We have implemented pagination using search_after and sorting the results by _score and a unique id field as a tie-breaker. However sometimes we are getting duplicate results across pages, and other times matches do not appear in any of the pages.
For example, when there are 65 total hits and paginated using page size of 10, the last page has 6 results instead of 5. A document appears in both page 5 and page 6.
Another example, query matches 13,552 documents with the exact same score but total results from all pages is only 5,900.
This is happening consistently even when the index hasn't been updated between requests. Curiously this happens when a replica shard has a different size than the primary shard but with the same number of documents. Recreating the replica fixes the problem and result count matches up.

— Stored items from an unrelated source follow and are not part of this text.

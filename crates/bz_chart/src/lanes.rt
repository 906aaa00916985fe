//! The lanes beside a lifeline, in which requests and replies wait until they come in.
//!
//! The last lane is shared: of requests in it each keeps it in use until it has come in itself.

ghost use Rattle.std.specs.Prelude.{◌≤◌, ◌<◌, ◌+◌, ◌-◌, ◌^◌};

/// The greatest lane, which those share that find no other one free.
const LAST_LANE: u32 = 5;

/// A side of a lifeline, or the way to it.
#[derive(Clone, Copy)]
pub(crate) enum Side {
    Left,
    Right,
}

impl Side {
    pub fn other(self) -> Side {
        match self {
            Side::Left => Side::Right,
            Side::Right => Side::Left,
        }
    }

    /// So far from a place, on this side.
    pub fn from(self, x: u64, by: u64) -> u64
        requires left { by ≤ x }
        requires right { x + by < 2 ^ 64 }
        ensures left { x - by ≤ result }
        ensures right { result ≤ x + by }
    {
        match self {
            Side::Left => x - by,
            Side::Right => x + by,
        }
    }
}

/// How many are in each lane of one side.
#[derive(Clone, Copy)]
pub(crate) struct Lanes {
    counts: [u32; 6],
}

impl Lanes {
    pub const FREE: Lanes = Lanes { counts: [0; 6] };

    /// Takes the least lane that is free, else the last one.
    pub fn take(&mut self) -> u32
        ensures { result ≤ 5 }
    {
        for lane in 0..LAST_LANE {
            if self.counts[lane as usize] == 0 {
                self.counts[lane as usize] = 1;
                return lane;
            }
        }
        self.counts[5] = self.counts[5].saturating_add(1);
        LAST_LANE
    }

    pub fn leave(&mut self, lane: u32)
        requires { lane ≤ 5 }
    {
        let count = &mut self.counts[lane as usize];
        *count = count.saturating_sub(1);
    }

    /// How far from the lifeline there is room beside those in use.
    pub fn room(&self) -> u64
        ensures low { 8 ≤ result }
        ensures high { result ≤ 36 }
    {
        let mut room = 8;
        for lane in 0..=LAST_LANE {
            if self.counts[lane as usize] > 0 {
                room = 16 + 4 * u64::from(lane);
            }
        }
        room
    }
}
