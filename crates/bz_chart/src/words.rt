//! Words of a chart, by the letters that are shown of them.

ghost use Rattle.std.specs.Prelude.{◌≤◌, length};

/// Letters, of which at most so many are shown, each a byte but for a sign at the front: of longer ones the last that is shown is an ellipsis.
#[derive(Clone, Copy)]
pub(crate) struct Cut<'a> {
    pub text: &'a [u8],
    pub most: usize,
}

impl<'a> Cut<'a> {
    pub fn new(text: &'a [u8], most: usize) -> Cut<'a> {
        Cut { text, most }
    }

    /// All of them.
    pub fn whole(text: &'a [u8]) -> Cut<'a> {
        Cut::new(text, usize::MAX)
    }

    /// How many letters are shown.
    pub fn letters(self) -> u32 {
        u32::try_from(self.text.len().min(self.most)).unwrap_or(u32::MAX)
    }
}

/// How many letters stand in a line of a column.
pub(crate) const LINE_LETTERS: u32 = 8;

/// How many letters of a kind's name stand in the first of its lines: whole words, as many as go into it, and one at least.
pub(crate) fn first_line(kind: &[u8]) -> usize
    ensures { result ≤ length kind.now }
{
    let mut end = 0;
    for place in 1..kind.len() {
        if kind[place].is_ascii_uppercase() && (end == 0 || place <= LINE_LETTERS as usize) {
            end = place;
        }
    }
    if end > 0 && kind.len() > LINE_LETTERS as usize {
        end
    } else {
        kind.len()
    }
}

/// How many letters a text in UTF-8 has.
pub(crate) fn letter_count(text: &[u8]) -> u32 {
    let mut count = 0u32;
    for byte in text {
        if byte & 0xc0 != 0x80 {
            count = count.saturating_add(1);
        }
    }
    count
}

/// How many digits a number has.
pub(crate) fn digits(number: usize) -> u32 {
    match number.checked_ilog10() {
        Some(log) => log + 1,
        None => 1,
    }
}
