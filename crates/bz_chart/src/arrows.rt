//! Requests and replies: each leaves on the row of one line, waits in a lane beside the other lifeline, and comes in on the
//! row of another line.
//!
//! A channel's name is shown where one points at its number: beside the arrow it would lie over others.

ghost use Rattle.std.specs.Prelude.{◌≤◌};
ghost use Rattle.bz_chart_layout.specs.Layout.{HasRoom, IsClear};

use crate::lanes::Side;
use crate::scene::TOP;
use crate::svg::{DARK, PULL, PUSH, Pen};
use bz_chart_layout::Layout;
use bz_model::ChanKind;

const START: &str = "<path d=\"M% %H%";

const OPEN_HEAD: &str = "<path d=\"M% %l3 6l3 -6\" fill=\"none\" stroke=\"$\"/>\n";

/// A request or a reply that has left.
#[derive(Clone, Copy)]
pub(crate) struct Sent {
    /// How many left before it.
    pub order: u64,
    /// The row on which it left, none where that was before the first row.
    pub row: Option<u32>,
    /// The column that it left, where it is shown.
    pub from: Option<u32>,
    pub to: u32,
    /// Where it heads.
    pub heading: Side,
    pub lane: u32,
    pub is_request: bool,
    /// Whether a value rides on it.
    pub carries: bool,
    pub kind: ChanKind,

    ghost lane_is_one: { lane ≤ 5 },
}

/// The colour of a channel.
pub(crate) fn colour(kind: ChanKind) -> &'static str {
    match kind {
        ChanKind::Sync => DARK,
        ChanKind::Push => PUSH,
        ChanKind::Pull => PULL,
    }
}

/// Draws it, in on this row, or down to the end where it has not come in.
pub(crate) fn put_arrow(pen: &mut Pen, layout: Layout, sent: Sent, row: Option<u32>) {
    let to = layout.column(sent.to);
    let lane = sent.heading.other().from(to, 12 + 4 * u64::from(sent.lane));
    match sent.row {
        Some(row) => pen.put(START, &[start_of(layout, sent), layout.row(row), lane], ""),
        None => pen.put("<path d=\"M% %", &[lane, TOP], ""),
    }
    match row {
        Some(row) => put_way_in(pen, sent, to, layout.row(row)),
        None => put_waiting(pen, sent, lane, layout.bottom()),
    }
}

/// Draws where one leaves on this row that goes to a lifeline that is not shown: a short stroke to the right, with its head.
pub(crate) fn put_leaving(pen: &mut Pen, layout: Layout, sent: Sent, row: u32) {
    let (x, y) = (layout.column(sent.to), layout.row(row));
    pen.put(START, &[x + 4, y, x + 18], "");
    put_style(pen, sent);
    let (rise, width) = (if sent.is_request { 0 } else { 4 }, 1);
    let tip = if sent.is_request { x + 24 } else { x + 18 };
    pen.put(head_form(sent), &[tip, y - rise, width], colour(sent.kind));
}

// Where it leaves. One that comes in at the lifeline that it left goes round by the right, and one from a lifeline that is not shown
// comes from the right.
fn start_of(layout: Layout, sent: Sent) -> u64 {
    match sent.from {
        Some(from) if from != sent.to => sent.heading.from(layout.column(from), 4),
        Some(_) => layout.column(sent.to) + 4,
        None => layout.column(sent.to) + 44,
    }
}

fn put_way_in(pen: &mut Pen, sent: Sent, to: u64, y: u64)
    requires right { HasRoom 60 to }
    requires below { IsClear y }
{
    let back = sent.heading.other();
    let (end, tip, rise) = if sent.is_request {
        (10, 4, 0)
    } else {
        (5, 11, 4)
    };
    let width = if sent.carries { 2 } else { 1 };
    pen.put("V%H%", &[y, back.from(to, end)], "");
    put_style(pen, sent);
    pen.put(
        head_form(sent),
        &[back.from(to, tip), y - rise, width],
        colour(sent.kind),
    );
}

// The head of an arrow: filled at a request, open at a reply.
fn head_form(sent: Sent) -> &'static str {
    match (sent.is_request, sent.heading) {
        (true, Side::Left) => "<path d=\"M% %l8 -4v8z\" fill=\"$\"/>\n",
        (true, Side::Right) => "<path d=\"M% %l-8 -4v8z\" fill=\"$\"/>\n",
        (false, Side::Left) => {
            "<path d=\"M% %l-7 4l7 4\" fill=\"none\" stroke=\"$\" stroke-width=\"%\"/>\n"
        }
        (false, Side::Right) => {
            "<path d=\"M% %l7 4l-7 4\" fill=\"none\" stroke=\"$\" stroke-width=\"%\"/>\n"
        }
    }
}

// Down its lane to the end, with an open head.
fn put_waiting(pen: &mut Pen, sent: Sent, lane: u64, bottom: u64)
    requires right { IsClear lane }
    requires below { IsClear bottom }
{
    pen.put("V%", &[bottom], "");
    put_style(pen, sent);
    pen.put(OPEN_HEAD, &[lane - 3, bottom - 6], colour(sent.kind));
}

// The end of a path: thick where a value rides, dashed where it is a reply.
fn put_style(pen: &mut Pen, sent: Sent) {
    let form = if sent.is_request {
        "\" fill=\"none\" stroke=\"$\" stroke-width=\"%\"/>\n"
    } else {
        "\" fill=\"none\" stroke=\"$\" stroke-width=\"%\" stroke-dasharray=\"5 3\"/>\n"
    };
    let width = if sent.carries { 3 } else { 1 };
    pen.put(form, &[width], colour(sent.kind));
}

This post suggests score can be used in search_after
We are using elastic 7.13.2 in a 3 node cluster with 5 shards and a replication factor of 1.
If your unique field is indeed unique it should not happen. It means that there were index updates in between search requests, or possibly they were not propagated to the replica.
The recommended way to do search_after in newer versions (including 7.13) is to use point in time search. In this case you don't need to provide your unique tie-breaker field, it will be provided automatically and is called _shard_doc.
Thanks for your answer. We are integrating search_after query to our UI pagination. If we use PIT and keep the search context alive between UI page fetches, which could be minutes depending on user think time, would that scale well?. We have to support at least a few hundred concurrent users.
Also how would that affect other searches and background ingestion process?. Documentation says lucene segment merging is impacted by open PIT contexts. We have a fairly rapidly changing large index.
For scroll requests we have a limitation for the max number of open scroll context of 500, because PIT contexts are much more lightweight, we don’t have any limit on the number of PIT contexts, so you can open as many PIT contexts as possible. We probably need to introduce some limitation though. In the worst case scenario, when you constantly open PIT contexts with a very long keep_alive parameter and constantly update your indices, you may ran out of file descriptors or heap memory, because as you rightly noticed segments used by PIT contexts are being kept and not being deleted by merge.
On other hand, if you use relatively small keep_alive , say 10-15 mins, use high enough refresh_interval not to create many segments, and regularly monitor the number of PIT contexts with GET /_nodes/stats/indices/search than probably it will work fine.